Think of the date on Pikeminnow.org that says the sport-reward fishery will wrap up Aug. 31** as more of a possibility than a hard deadline.
Yesterday it was breathlessly reported here as the latter — and it could indeed end then or even earlier if funding for the popular program that pays anglers to remove the native but salmonid-smolt-snarfing species from the Columbia and Snake runs out because record numbers are caught.
But with water conditions on the rivers likely to be high during the best part of the season in spring and a boost in funding confirmed for this year, that seems unlikely and fishing should extend through Sept. 30, as usual.

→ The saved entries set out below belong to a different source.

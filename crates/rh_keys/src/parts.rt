//! The parts of a key.

ghost use Rattle.std.specs.Prelude.{◌≡◌, ◌<◌, ◌≤◌, ◌+◌, ◌*◌, ◌∷◌, [], ◌++◌, length, take, OnOk};
ghost use Rattle.std.specs.List.{flat_map};
ghost use Rattle.rh_model.specs.ClusterView.{node_count, app_count};
ghost use Rattle.rh_state.specs.Numbers.{apps_of};
ghost use Rattle.rh_state.specs.StateView.{running_at, waiting_at};
ghost use Rattle.rh_state.specs.Stored.{read};
ghost use Rattle.rh_keys.specs.Codes.{code, node_room};
ghost use Rattle.rh_keys.specs.Keys.{mode_number, restart_number, permission_number, standing_numbers, timer_numbers, app_number, app_numbers};
ghost use Rattle.rh_keys.specs.Packed.{pair_number, packed_pair, packed_node};

use crate::key::push_number;
use rh_base::OutOfMemory;
use rh_model::{App, Node, Restart};
use rh_state::{Mode, Standing, State, Timer};

// Writes what is said of a node from a place on, and says where that ends.
#[tactic(auto, unfolding(crate::specs::Packed::packed_node))]
pub(crate) fn put_node(cells: &mut [u8], at: usize, state: &State, node: Node) -> usize
    requires node { node.0 < node_count (read state.now).cluster }
    requires room { at + node_room (read state.now).cluster ≤ length cells.old }
    ensures length { length cells.new ≡ length cells.old }
    ensures end { result ≤ at + node_room (read state.now).cluster }
    ensures bytes { take result cells.new
        ≡ take at cells.old ++ code (packed_node (read state.now) node) }
{
    state.formed();
    cells[at] = mode_byte(state.mode(node));
    let running = put_running(cells, at + 1, state, node);
    cells[running] = 0;
    let waiting = put_waiting(cells, running + 1, state, node);
    cells[waiting] = 0;
    put_pairs(cells, waiting + 1, state, node)
}

// Writes each application that runs at a node.
fn put_running(cells: &mut [u8], at: usize, state: &State, node: Node) -> usize
    requires node { node.0 < node_count (read state.now).cluster }
    requires room { at + length (running_at (read state.now) node) ≤ length cells.old }
    ensures length { length cells.new ≡ length cells.old }
    ensures end { result ≡ at + length (running_at (read state.now) node) }
    ensures bytes { take result cells.new
        ≡ take at cells.old ++ code (flat_map app_number (running_at (read state.now) node)) }
{
    state.formed();
    let _apps = state.cluster().app_count();
    let before = state.pairs_before(node);
    let mut next = state.first_running_pair(node);
    let mut end = at;
    'running: while let Some(pair) = next {
        cells[end] = (pair - before) as u8 + 1;
        end += 1;
        next = state.next_pair(node, pair);
    }
    end
}

// Writes each application that waits at a node.
fn put_waiting(cells: &mut [u8], at: usize, state: &State, node: Node) -> usize
    requires node { node.0 < node_count (read state.now).cluster }
    requires room { at + length (waiting_at (read state.now) node) ≤ length cells.old }
    ensures length { length cells.new ≡ length cells.old }
    ensures end { result ≡ at + length (waiting_at (read state.now) node) }
    ensures bytes { take result cells.new
        ≡ take at cells.old ++ code (flat_map app_number (waiting_at (read state.now) node)) }
{
    state.formed();
    let _apps = state.cluster().app_count();
    let before = state.pairs_before(node);
    let mut next = state.first_waiting_pair(node);
    let mut end = at;
    'waiting: while let Some(pair) = next {
        cells[end] = (pair - before) as u8 + 1;
        end += 1;
        next = state.next_pair(node, pair);
    }
    end
}

// Writes what is said of each pair of a node, pair by pair.
#[tactic(auto, unfolding(rh_state::specs::Numbers::apps_of))]
fn put_each_pair(cells: &mut [u8], at: usize, state: &State, node: Node) -> usize
    requires node { node.0 < node_count (read state.now).cluster }
    requires room { at + app_count (read state.now).cluster ≤ length cells.old }
    ensures length { length cells.new ≡ length cells.old }
    ensures end { result ≡ at + app_count (read state.now).cluster }
    ensures bytes { take result cells.new ≡ take at cells.old
        ++ code (flat_map (packed_pair (read state.now) node) (apps_of (read state.now).cluster)) }
{
    let count = state.cluster().app_count();
    for number in 0..count {
        let app = App(number as u8);
        cells[at + number] = pair_byte(state.restart_of(node, app), state.allowed(node, app));
    }
    at + count
}

// The same, by way of a row of its own, which many pairs fill several at a time, and which is copied as a whole.
#[tactic(auto, unfolding(rh_state::specs::Numbers::apps_of))]
fn put_row(cells: &mut [u8], at: usize, state: &State, node: Node) -> usize
    requires node { node.0 < node_count (read state.now).cluster }
    requires room { at + app_count (read state.now).cluster ≤ length cells.old }
    ensures length { length cells.new ≡ length cells.old }
    ensures end { result ≡ at + app_count (read state.now).cluster }
    ensures bytes { take result cells.new ≡ take at cells.old
        ++ code (flat_map (packed_pair (read state.now) node) (apps_of (read state.now).cluster)) }
{
    let count = state.cluster().app_count();
    // They are gathered in a row of its own, which has room for all applications that a cluster may have.
    let mut row = [0; 128];
    for number in 0..count as u8 {
        let app = App(number);
        row[number as usize] = pair_byte(state.restart_of(node, app), state.allowed(node, app));
    }
    let end = at + count;
    cells[at..end].copy_from_slice(&row[..count]);
    end
}

// So many applications are few: their pairs are written one by one. In a row they would be so too, and the copy of it as a whole would
// have to wait until these bytes can be read again. A node of 3 applications takes 4 ns so and 9 by a row, one of 8 takes 10 both ways,
// one of 16 takes 20 and 11, and one of 128 takes 160 and 13.
const FEW: usize = 8;

// Writes what is said of each pair of a node: a byte each, in the cluster's order of applications.
fn put_pairs(cells: &mut [u8], at: usize, state: &State, node: Node) -> usize
    requires node { node.0 < node_count (read state.now).cluster }
    requires room { at + app_count (read state.now).cluster ≤ length cells.old }
    ensures length { length cells.new ≡ length cells.old }
    ensures end { result ≡ at + app_count (read state.now).cluster }
    ensures bytes { take result cells.new ≡ take at cells.old
        ++ code (flat_map (packed_pair (read state.now) node) (apps_of (read state.now).cluster)) }
{
    if state.cluster().app_count() <= FEW {
        put_each_pair(cells, at, state, node)
    } else {
        put_row(cells, at, state, node)
    }
}

// Writes where an application stands.
#[tactic(auto, unfolding(crate::specs::Keys::app_numbers))]
pub(crate) fn put_standing(cells: &mut [u8], at: usize, state: &State, app: App)
    requires app { app.0 < app_count (read state.now).cluster }
    requires room { at + 2 ≤ length cells.old }
    ensures length { length cells.new ≡ length cells.old }
    ensures bytes { take (at + 2) cells.new
        ≡ take at cells.old ++ code (app_numbers (read state.now) app) }
{
    let _nodes = state.cluster().node_count();
    let (tag, node) = standing_bytes(state.standing(app));
    cells[at] = tag;
    cells[at + 1] = node;
}

// Which standing it is, and which node it names, if it names one.
fn standing_bytes(standing: Standing) -> (u8, u8)
    ensures { result.0 ∷ result.1 ∷ [] ≡ standing_numbers standing }
{
    match standing {
        Standing::Quiet => (0, 0),
        Standing::Wanted(None) => (1, 0),
        Standing::Wanted(Some(node)) => (2, node.0),
        Standing::Running(node) => (3, node.0),
        Standing::Lost(node) => (4, node.0),
    }
}

// Adds a timer, with how long it has to go.
pub(crate) fn push_timer(
    key: &mut Vec<u8>,
    now: u64,
    entry: (u64, Timer),
) -> Result<(), OutOfMemory>
    ensures { OnOk result (key.new.items ≡ key.old.items ++ code (timer_numbers now entry)) }
{
    let (tag, number) = match entry.1 {
        Timer::Sync(node) => (0, node.0),
        Timer::Failover(app) => (1, app.0),
    };
    push_number(key, entry.0.saturating_sub(now))?;
    push_number(key, tag)?;
    push_number(key, u64::from(number))?;
    Ok(())
}

// Each mode has its number.
fn mode_byte(mode: Mode) -> u8
    ensures { result ≡ mode_number mode }
{
    match mode {
        Mode::Down => 0,
        Mode::Waiting => 1,
        Mode::Up => 2,
    }
}

// A restart type and a permission, in a byte.
fn pair_byte(restart: Restart, allowed: bool) -> u8
    ensures { result ≡ pair_number restart allowed }
{
    restart_byte(restart) + 4 * permission_byte(allowed)
}

// Each restart type has its number.
fn restart_byte(restart: Restart) -> u8
    ensures number { result ≡ restart_number restart }
    ensures small { result ≤ 2 }
{
    match restart {
        Restart::Permanent => 0,
        Restart::Transient => 1,
        Restart::Temporary => 2,
    }
}

// And so has a permission.
fn permission_byte(allowed: bool) -> u8
    ensures number { result ≡ permission_number allowed }
    ensures small { result ≤ 1 }
{
    u8::from(allowed)
}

The online warning came about after last year’s good season and 2015’s enhanced awards for tagged fish ate up the $1.5 million that had been budgeted to pay anglers for catching pikeminnows.
That gap was bridged inseason with a $300,000-plus grant from the Northwest Power and Conservation Council.
After the season wrapped up and going into this one, it wasn’t clear if there would be similar federal funding, but according to WDFW’s pikeminnow program manager Eric Winther, money has subsequently been committed.
While that information doesn’t appear to have fully made the rounds, this year’s biggest challenge for anglers — one of whom made over $100,000 last year by catching over 14,000 pikeminnows — may be spring runoff.
“With the expected high water, I believe it will be more challenging early in the year, but once past that it should be OK,” Winther says.
He says available funding should pay for the catch of up to 225,350 pikeminow, last year’s tally.
“Our 26-year average harvest is 175,000 to 180,000 fish, and typically on high-water years, harvest is lower than for low-water years,” he says.
The program begins May 1, with the traditional peak of fishing around mid-June, when the pikeminnow gather for the annual spawn, making them easier to catch in large numbers.